## TASK TO CARRY OUT
Nothing in the records may be changed; retype them in full.

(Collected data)
* * * * * * *

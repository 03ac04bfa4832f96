// The judge: reads a sheet, compiles it into its book, and answers what `judge_book` finds over that, in the slices that it was lent. Its
// promise is `Judged` of the meaning; it asks nothing.
#![tactic(auto)]

ghost use Rattle.std.specs.Prelude.{◌≡◌};
ghost use Rattle.std.proofs.Math.Option.{none};
ghost use Rattle.meaning.specs.Sheet.{first_fault};
ghost use Rattle.meaning.specs.Promises.{Judged, JudgedOut};
ghost use Rattle.judge_answer.specs.Judging.{lent_of, outcome_of};

pub use ground::State;
pub use judge_answer::Judgement;
use judge_answer::refusal;
use judge_book::judge_book;
use rules::Book;

// For a good sheet.
fn judge_good(
    sheet: &[u8],
    table: &mut [State],
    words: &mut [u32],
    scratch: &mut [State],
    run: &mut [State],
) -> Judgement
    requires { first_fault sheet.now ≡ none }
    ensures { Judged sheet.now
        (lent_of table.old words.old scratch.old run.old)
        (outcome_of result (lent_of table.new words.new scratch.new run.new)) }
{
    let mut numbers = [0 as State; rules::BOOK_SIZE];
    compile::compile(sheet, &mut numbers);
    let book = Book { numbers: &numbers };
    judge_book(&book, table, words, scratch, run)
}

// Judges a sheet: is there an endless run that obeys it? Any bytes and any slices may be handed in. There is room for C states, the least
// of the table's length, the words' length, half the scratch length and 16,384. The answer is 0 (can be kept: the table lists the K livable
// states, run has the sample run of b states, which goes back to place a), 13 (cannot be kept: table and words have the strike list of all
// R states), 11 (R is above C), 12 (the run needs b places), or 1 to 10 (the sheet's first fault, and the place is its byte; nothing lent
// is changed). What each slice then holds is `outcome` of the meaning.
pub fn judge(
    sheet: &[u8],
    table: &mut [State],
    words: &mut [u32],
    scratch: &mut [State],
    run: &mut [State],
) -> Judgement
    ensures { Judged sheet.now
        (lent_of table.old words.old scratch.old run.old)
        (outcome_of result (lent_of table.new words.new scratch.new run.new)) }
{
    match reader::read_in_numbers(sheet) {
        Ok(()) => judge_good(sheet, table, words, scratch, run),
        Err(v) => refusal(v.answer, 0, v.place),
    }
}

// The same for callers in C, to whom crate judge_c hands it: answer, count, a, b and place go into `out`, in this order, whatever the
// answer.
pub fn naxxurbi_judge(
    sheet: &[u8],
    table: &mut [State],
    words: &mut [u32],
    scratch: &mut [State],
    run: &mut [State],
    out: &mut [u32; 5],
)
    ensures { JudgedOut sheet.now
        (lent_of table.old words.old scratch.old run.old)
        out.new
        (lent_of table.new words.new scratch.new run.new) }
{
    let r = judge(sheet, table, words, scratch, run);
    *out = [r.answer, r.count, r.a, r.b, r.place];
}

* * * * * * *

## FINISHED TASK
repository 03ac04bfa4832f96
// The judge: reads a sheet, compiles it into its book, and answers what `judge_book` finds over that, in the slices that it was lent. Its
// promise is `Judged` of the meaning; it asks nothing.
#![tactic(auto)]

ghost use Rattle.std.specs.Prelude.{◌≡◌};
ghost use Rattle.std.proofs.Math.Option.{none};
ghost use Rattle.meaning.specs.Sheet.{first_fault};
ghost use Rattle.meaning.specs.Promises.{Judged, JudgedOut};
ghost use Rattle.judge_answer.specs.Judging.{lent_of, outcome_of};

pub use ground::State;
pub use judge_answer::Judgement;
use judge_answer::refusal;
use judge_book::judge_book;
use rules::Book;

// For a good sheet.
fn judge_good(
    sheet: &[u8],
    table: &mut [State],
    words: &mut [u32],
    scratch: &mut [State],
    run: &mut [State],
) -> Judgement
    requires { first_fault sheet.now ≡ none }
    ensures { Judged sheet.now
        (lent_of table.old words.old scratch.old run.old)
        (outcome_of result (lent_of table.new words.new scratch.new run.new)) }
{
    let mut numbers = [0 as State; rules::BOOK_SIZE];
    compile::compile(sheet, &mut numbers);
    let book = Book { numbers: &numbers };
    judge_book(&book, table, words, scratch, run)
}

// Judges a sheet: is there an endless run that obeys it? Any bytes and any slices may be handed in. There is room for C states, the least
// of the table's length, the words' length, half the scratch length and 16,384. The answer is 0 (can be kept: the table lists the K livable
// states, run has the sample run of b states, which goes back to place a), 13 (cannot be kept: table and words have the strike list of all
// R states), 11 (R is above C), 12 (the run needs b places), or 1 to 10 (the sheet's first fault, and the place is its byte; nothing lent
// is changed). What each slice then holds is `outcome` of the meaning.
pub fn judge(
    sheet: &[u8],
    table: &mut [State],
    words: &mut [u32],
    scratch: &mut [State],
    run: &mut [State],
) -> Judgement
    ensures { Judged sheet.now
        (lent_of table.old words.old scratch.old run.old)
        (outcome_of result (lent_of table.new words.new scratch.new run.new)) }
{
    match reader::read_in_numbers(sheet) {
        Ok(()) => judge_good(sheet, table, words, scratch, run),
        Err(v) => refusal(v.answer, 0, v.place),
    }
}

// The same for callers in C, to whom crate judge_c hands it: answer, count, a, b and place go into `out`, in this order, whatever the
// answer.
pub fn naxxurbi_judge(
    sheet: &[u8],
    table: &mut [State],
    words: &mut [u32],
    scratch: &mut [State],
    run: &mut [State],
    out: &mut [u32; 5],
)
    ensures { JudgedOut sheet.now
        (lent_of table.old words.old scratch.old run.old)
        out.new
        (lent_of table.new words.new scratch.new run.new) }
{
    let r = judge(sheet, table, words, scratch, run);
    *out = [r.answer, r.count, r.a, r.b, r.place];
}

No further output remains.